- Promotional poster
- Directed by: Nithish Sahadev
- Written by: Nithish Sahadev
- Produced by: Al Jaseem Abdul Jabbar Al Jassam Abdul Jabbar Al Sajam Abdul Jabbar
- Starring: Anand Menen Sandeep Pradeep
- Cinematography: Aswin Nandakumar
- Edited by: Anand Menon
- Music by: Ankit Menon
- Production company: Sulthan Brothers
- Release date: 24 May 2019;
- Running time: 13 minutes
- Country: India
- Language: Malayalam

= Magneto (2019 film) =

Indian Malayalam fantasy thriller short film

Magneto is a 2019 Indian Malayalam fantasy thriller short film written and directed by Nithish Sahadev. The short film stars Anand Menen, who also worked as the editor, alongside Sandeep Pradeep.

== Plot ==
Magneto is a mutant, who stands up against the X-Men with his power to create and control magnetic fields. He has been Alex’s childhood hero since the third grade and once Alex grows up, his attachment to the character enables himself to gain the power to levitate objects. However, he is caught by the police on charges of robbery and uses his powers to escape. He leaves behind a cloth that says "It's just a Beginning".

== Production ==
Nithish Sahadev was first introduced to Magneto by his friend Aswin Nandakumar on Facebook, who ended up being the cinematographer of this short film. In the post, a guy claimed to be Magneto and was arrested on drug charges, which formed the basis of the short film.
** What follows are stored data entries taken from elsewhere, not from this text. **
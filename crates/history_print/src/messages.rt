//! The words of each message.
ghost use Rattle.std.specs.Prelude.{◌≡◌, ◌++◌, ◌∷◌, map, length, codes, OnOk};
ghost use Rattle.std.specs.Fmt.{decimal};
ghost use Rattle.std.specs.List.{flat_map};
ghost use Rattle.history_print.specs.Acts.{spaced, node_word, write_words, nodes_words, keys_words, writes_words, readreq_words, readrep_words, prepare_words, message_words};

use crate::parts::{put_ballot, put_date, put_outcome};
use crate::words::{put_count, put_ident, put_key, put_node, put_tx, put_value, put_word};
use grid_model::{Message, Prepare, ReadRep, ReadReq};
use score_base::{Ballot, Key, Memory, NodeId, Outcome, TxId, Value};

fn put_each_node(out: &mut Vec<u8>, nodes: &[NodeId]) -> Result<(), Memory>
    ensures { OnOk result (out.new.items ≡ out.old.items ++ spaced (map node_word nodes.now)) }
{
    for node in nodes {
        put_node(out, *node)?;
    }
    Ok(())
}

fn put_each_key(out: &mut Vec<u8>, keys: &[Key]) -> Result<(), Memory>
    ensures { OnOk result (out.new.items ≡ out.old.items ++ spaced keys.now) }
{
    for key in keys {
        put_key(out, key)?;
    }
    Ok(())
}

fn put_write(out: &mut Vec<u8>, key: &Key, value: Value) -> Result<(), Memory>
    ensures { OnOk result (out.new.items ≡ out.old.items ++ spaced (write_words (key.now, value))) }
{
    put_key(out, key)?;
    put_value(out, value)
}

fn put_each_write(out: &mut Vec<u8>, writes: &[(Key, Value)]) -> Result<(), Memory>
    ensures { OnOk result (out.new.items ≡ out.old.items ++ spaced (flat_map write_words writes.now)) }
{
    for write in writes {
        put_write(out, &write.0, write.1)?;
    }
    Ok(())
}

#[tactic(auto, unfolding(crate::specs::Acts::nodes_words))]
fn put_nodes(out: &mut Vec<u8>, nodes: &[NodeId]) -> Result<(), Memory>
    ensures { OnOk result (out.new.items ≡ out.old.items ++ spaced (nodes_words nodes.now)) }
{
    put_count(out, nodes.len() as u64)?;
    put_each_node(out, nodes)
}

#[tactic(auto, unfolding(crate::specs::Acts::keys_words))]
fn put_keys(out: &mut Vec<u8>, keys: &[Key]) -> Result<(), Memory>
    ensures { OnOk result (out.new.items ≡ out.old.items ++ spaced (keys_words keys.now)) }
{
    put_count(out, keys.len() as u64)?;
    put_each_key(out, keys)
}

#[tactic(auto, unfolding(crate::specs::Acts::writes_words))]
fn put_writes(out: &mut Vec<u8>, writes: &[(Key, Value)]) -> Result<(), Memory>
    ensures { OnOk result (out.new.items ≡ out.old.items ++ spaced (writes_words writes.now)) }
{
    put_count(out, writes.len() as u64)?;
    put_each_write(out, writes)
}

#[tactic(auto, unfolding(crate::specs::Acts::readreq_words))]
fn put_readreq(out: &mut Vec<u8>, q: &ReadReq) -> Result<(), Memory>
    ensures { OnOk result (out.new.items ≡ out.old.items ++ spaced (readreq_words q.now)) }
{
    put_word(out, b"readreq")?;
    put_tx(out, q.t)?;
    put_count(out, q.op as u64)?;
    put_key(out, &q.key)?;
    put_date(out, &q.date)
}

#[tactic(auto, unfolding(crate::specs::Acts::readrep_words))]
fn put_readrep(out: &mut Vec<u8>, q: &ReadRep) -> Result<(), Memory>
    ensures { OnOk result (out.new.items ≡ out.old.items ++ spaced (readrep_words q.now)) }
{
    put_word(out, b"readrep")?;
    put_tx(out, q.t)?;
    put_count(out, q.op as u64)?;
    put_ident(out, q.sid)?;
    put_value(out, q.value)
}

fn put_parts(out: &mut Vec<u8>, nodes: &[NodeId]) -> Result<(), Memory>
    ensures { OnOk result (out.new.items ≡ out.old.items ++ spaced (codes "parts" ∷ nodes_words nodes.now)) }
{
    put_word(out, b"parts")?;
    put_nodes(out, nodes)
}

fn put_reads(out: &mut Vec<u8>, keys: &[Key]) -> Result<(), Memory>
    ensures { OnOk result (out.new.items ≡ out.old.items ++ spaced (codes "reads" ∷ keys_words keys.now)) }
{
    put_word(out, b"reads")?;
    put_keys(out, keys)
}

fn put_written(out: &mut Vec<u8>, writes: &[(Key, Value)]) -> Result<(), Memory>
    ensures { OnOk result (out.new.items ≡ out.old.items ++ spaced (codes "writes" ∷ writes_words writes.now)) }
{
    put_word(out, b"writes")?;
    put_writes(out, writes)
}

#[tactic(auto, unfolding(crate::specs::Acts::prepare_words))]
fn put_prepare(out: &mut Vec<u8>, q: &Prepare) -> Result<(), Memory>
    ensures { OnOk result (out.new.items ≡ out.old.items ++ spaced (prepare_words q.now)) }
{
    put_word(out, b"prepare")?;
    put_tx(out, q.t)?;
    put_ident(out, q.sid)?;
    put_parts(out, q.parts.as_slice())?;
    put_reads(out, q.reads.as_slice())?;
    put_written(out, q.writes.as_slice())
}

#[tactic(auto, unfolding(crate::specs::Acts::message_words))]
fn put_vote(out: &mut Vec<u8>, t: TxId, ballot: &Ballot) -> Result<(), Memory>
    ensures { OnOk result (out.new.items ≡ out.old.items ++ spaced (message_words (Message.Vote t ballot.now))) }
{
    put_word(out, b"vote")?;
    put_tx(out, t)?;
    put_ballot(out, ballot)
}

#[tactic(auto, unfolding(crate::specs::Acts::message_words))]
fn put_tell(out: &mut Vec<u8>, t: TxId, outcome: &Outcome) -> Result<(), Memory>
    ensures { OnOk result (out.new.items ≡ out.old.items ++ spaced (message_words (Message.Tell t outcome.now))) }
{
    put_word(out, b"tell")?;
    put_tx(out, t)?;
    put_outcome(out, outcome)
}

#[tactic(auto, unfolding(crate::specs::Acts::message_words))]
fn put_ack(out: &mut Vec<u8>, t: TxId) -> Result<(), Memory>
    ensures { OnOk result (out.new.items ≡ out.old.items ++ spaced (message_words (Message.Ack t))) }
{
    put_word(out, b"ack")?;
    put_tx(out, t)
}

#[tactic(auto, unfolding(crate::specs::Acts::message_words))]
fn put_ask(out: &mut Vec<u8>, t: TxId) -> Result<(), Memory>
    ensures { OnOk result (out.new.items ≡ out.old.items ++ spaced (message_words (Message.Ask t))) }
{
    put_word(out, b"ask")?;
    put_tx(out, t)
}

#[tactic(auto, unfolding(crate::specs::Acts::message_words))]
fn put_ask_peer(out: &mut Vec<u8>, t: TxId) -> Result<(), Memory>
    ensures { OnOk result (out.new.items ≡ out.old.items ++ spaced (message_words (Message.AskPeer t))) }
{
    put_word(out, b"askpeer")?;
    put_tx(out, t)
}

/// Appends a message.
#[tactic(auto, unfolding(crate::specs::Acts::message_words))]
pub fn put_message(out: &mut Vec<u8>, message: &Message) -> Result<(), Memory>
    ensures { OnOk result (out.new.items ≡ out.old.items ++ spaced (message_words message.now)) }
{
    match message {
        Message::ReadReq(q) => put_readreq(out, q),
        Message::ReadRep(q) => put_readrep(out, q),
        Message::Prepare(q) => put_prepare(out, q),
        Message::Vote { t, ballot } => put_vote(out, *t, ballot),
        Message::Tell { t, outcome } => put_tell(out, *t, outcome),
        Message::Ack { t } => put_ack(out, *t),
        Message::Ask { t } => put_ask(out, *t),
        Message::AskPeer { t } => put_ask_peer(out, *t),
    }
}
Sahadev's friend, Al Jaseem Abdul Jabbar, co-produced the short film along with his brothers after hearing the idea but not the story and told Sahadev not to compromise on the quality. Actor Sandeep Pradeep did the VFX work for the short film.

== Music ==
The music was composed by Ankit Menon.

Track listing
| No. | Title | Length |
|---|---|---|
| 1. | "Nizhala En Kude" | 1:08 |

== Release and reception ==
The short film upon release received 89,000 views on YouTube upon release and his since received 166,000 views. The short film was shared by actors Soubin Shahir, Aishwarya Lekshmi, Vijay Babu and singer Benny Dayal.

Gokul m.g of Deccan Chronicle wrote, "The VFX and the background music of the film are really great. They back the narration and some wonderful acting, absolutely well and keep the audience excited".